### Exercise requirements
Start to finish, the listing must be rewritten exactly.

### Material for this task
/// The first of messages and pages that is lacking.
fn first_lack(
    messages: u64,
    message_limit: u64,
    pages: u64,
    page_limit: u64,
    need: u64,
) -> Option<Lack>
    requires messages_fit { messages ≤ message_limit }
    requires pages_fit { pages ≤ page_limit }
    requires limits_fit { message_limit + page_limit + need ≤ 1000000000000 }
    ensures { result ≡ first_lacking (rooms messages message_limit pages page_limit need) }
{
    if messages + 1 > message_limit {
        return Some(Lack {
            resource: Resource::Messages,
            need: 1,
            held: messages,
            limit: message_limit,
        });
    }
    if need + pages > page_limit {
        return Some(Lack {
            resource: Resource::Pages,
            need,
            held: pages,
            limit: page_limit,
        });
    }
    None
}

/// The entry of an enqueue that is granted.
fn new_entry(ask: EnqueueAsk, index: u16, qos: Qos, id: MsgId) -> Entry
    ensures { result ≡ entry_of ask index qos id }
{
    let call = ask.call;
    Entry {
        queue: index,
        label: Label {
            root: Root {
                top: false,
                priority: call.priority,
                available: call.available,
                expiration: call.expiration,
                arrival: ask.next,
            },
            path: Path::empty(),
        },
        mark: Mark::Free,
        message: Message {
            id,
            corr: call.corr,
            replyq: call.replyq,
            failq: call.failq,
            priority: call.priority,
            available: call.available,
            expiration: call.expiration,
            qos,
            reply_qos: call.reply_qos,
            urcode: 0,
            retries: 0,
            body: call.body,
        },
    }
}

### Exercise answer
/// The first of messages and pages that is lacking.
fn first_lack(
    messages: u64,
    message_limit: u64,
    pages: u64,
    page_limit: u64,
    need: u64,
) -> Option<Lack>
    requires messages_fit { messages ≤ message_limit }
    requires pages_fit { pages ≤ page_limit }
    requires limits_fit { message_limit + page_limit + need ≤ 1000000000000 }
    ensures { result ≡ first_lacking (rooms messages message_limit pages page_limit need) }
{
    if messages + 1 > message_limit {
        return Some(Lack {
            resource: Resource::Messages,
            need: 1,
            held: messages,
            limit: message_limit,
        });
    }
    if need + pages > page_limit {
        return Some(Lack {
            resource: Resource::Pages,
            need,
            held: pages,
            limit: page_limit,
        });
    }
    None
}

/// The entry of an enqueue that is granted.
fn new_entry(ask: EnqueueAsk, index: u16, qos: Qos, id: MsgId) -> Entry
    ensures { result ≡ entry_of ask index qos id }
{
    let call = ask.call;
    Entry {
        queue: index,
        label: Label {
            root: Root {
                top: false,
                priority: call.priority,
                available: call.available,
                expiration: call.expiration,
                arrival: ask.next,
            },
            path: Path::empty(),
        },
        mark: Mark::Free,
        message: Message {
            id,
            corr: call.corr,
            replyq: call.replyq,
            failq: call.failq,
            priority: call.priority,
            available: call.available,
            expiration: call.expiration,
            qos,
            reply_qos: call.reply_qos,
            urcode: 0,
            retries: 0,
            body: call.body,
        },
    }
}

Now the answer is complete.